Instructions for the task:
What is the number of lines in the data below that contain "which"? Answer with that number and no other words.

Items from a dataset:
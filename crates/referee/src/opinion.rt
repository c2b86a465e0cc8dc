use records::RecordFault;
use std::fmt;

// Of each property, whether it holds of a history; of its own, since the two judges share no answer's type and no text.
#[derive(Clone, Copy, PartialEq, Debug)]
pub struct Letters {
    // Only committed versions are read.
    pub aca: bool,
    // Every transaction's snapshot is consistent.
    pub cons: bool,
    // No two independent committed transactions write one card.
    pub wcf: bool,
}

// What can be wrong with a file, or with the marks for it; each has the number under which it is told.
#[derive(Clone, Copy, PartialEq, Eq, Debug)]
pub enum Cause {
    TooLong = 20,
    Cut = 21,
    BadField = 22,
    OutOfPlace = 23,
    NoEnd = 24,
    FewMarks = 25,
}

impl Cause {
    pub const ALL: [Cause; 6] = [
        Cause::TooLong,
        Cause::Cut,
        Cause::BadField,
        Cause::OutOfPlace,
        Cause::NoEnd,
        Cause::FewMarks,
    ];

    pub fn number(self) -> u32 {
        self as u32
    }
}

// A record's fault as the cause of a refusal.
impl From<RecordFault> for Cause {
    fn from(fault: RecordFault) -> Cause {
        match fault {
            RecordFault::Length => Cause::Cut,
            RecordFault::Kind
            | RecordFault::Transaction
            | RecordFault::Card
            | RecordFault::Writer
            | RecordFault::Words => Cause::BadField,
        }
    }
}

// A number under which nothing is told.
#[derive(Clone, Copy, PartialEq, Eq, Debug)]
pub struct UnknownNumber(pub u32);

impl TryFrom<u32> for Cause {
    type Error = UnknownNumber;

    fn try_from(number: u32) -> Result<Cause, UnknownNumber> {
        Cause::ALL
            .iter()
            .copied()
            .find(|cause| cause.number() == number)
            .ok_or(UnknownNumber(number))
    }
}

// Why a file is not judged, and the place of a record, counted from 0.
#[derive(Clone, Copy, PartialEq, Debug)]
pub struct Refusal {
    pub cause: Cause,
    pub place: usize,
}

/// What a judge answers.
#[derive(Clone, Copy, PartialEq, Debug)]
pub struct Opinion(pub Result<Letters, Refusal>);

// The letter for a yes or a no.
fn letter(holds: bool) -> char {
    if holds { 'Y' } else { 'N' }
}

impl fmt::Display for Letters {
    fn fmt<W: fmt::Write>(&self, f: &mut fmt::Formatter<W>) -> fmt::Result {
        let aca = letter(self.aca);
        let cons = letter(self.cons);
        let wcf = letter(self.wcf);
        write!(f, "ACA={aca} CONS={cons} WCF={wcf}")
    }
}

// As program `judge` prints it.
impl fmt::Display for Opinion {
    fn fmt<W: fmt::Write>(&self, f: &mut fmt::Formatter<W>) -> fmt::Result {
        match self.0 {
            Ok(letters) => write!(f, "{letters}"),
            Err(refusal) => {
                let number = refusal.cause.number();
                let place = refusal.place;
                write!(f, "REFUSED {number} AT {place}")
            }
        }
    }
}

Result below:
2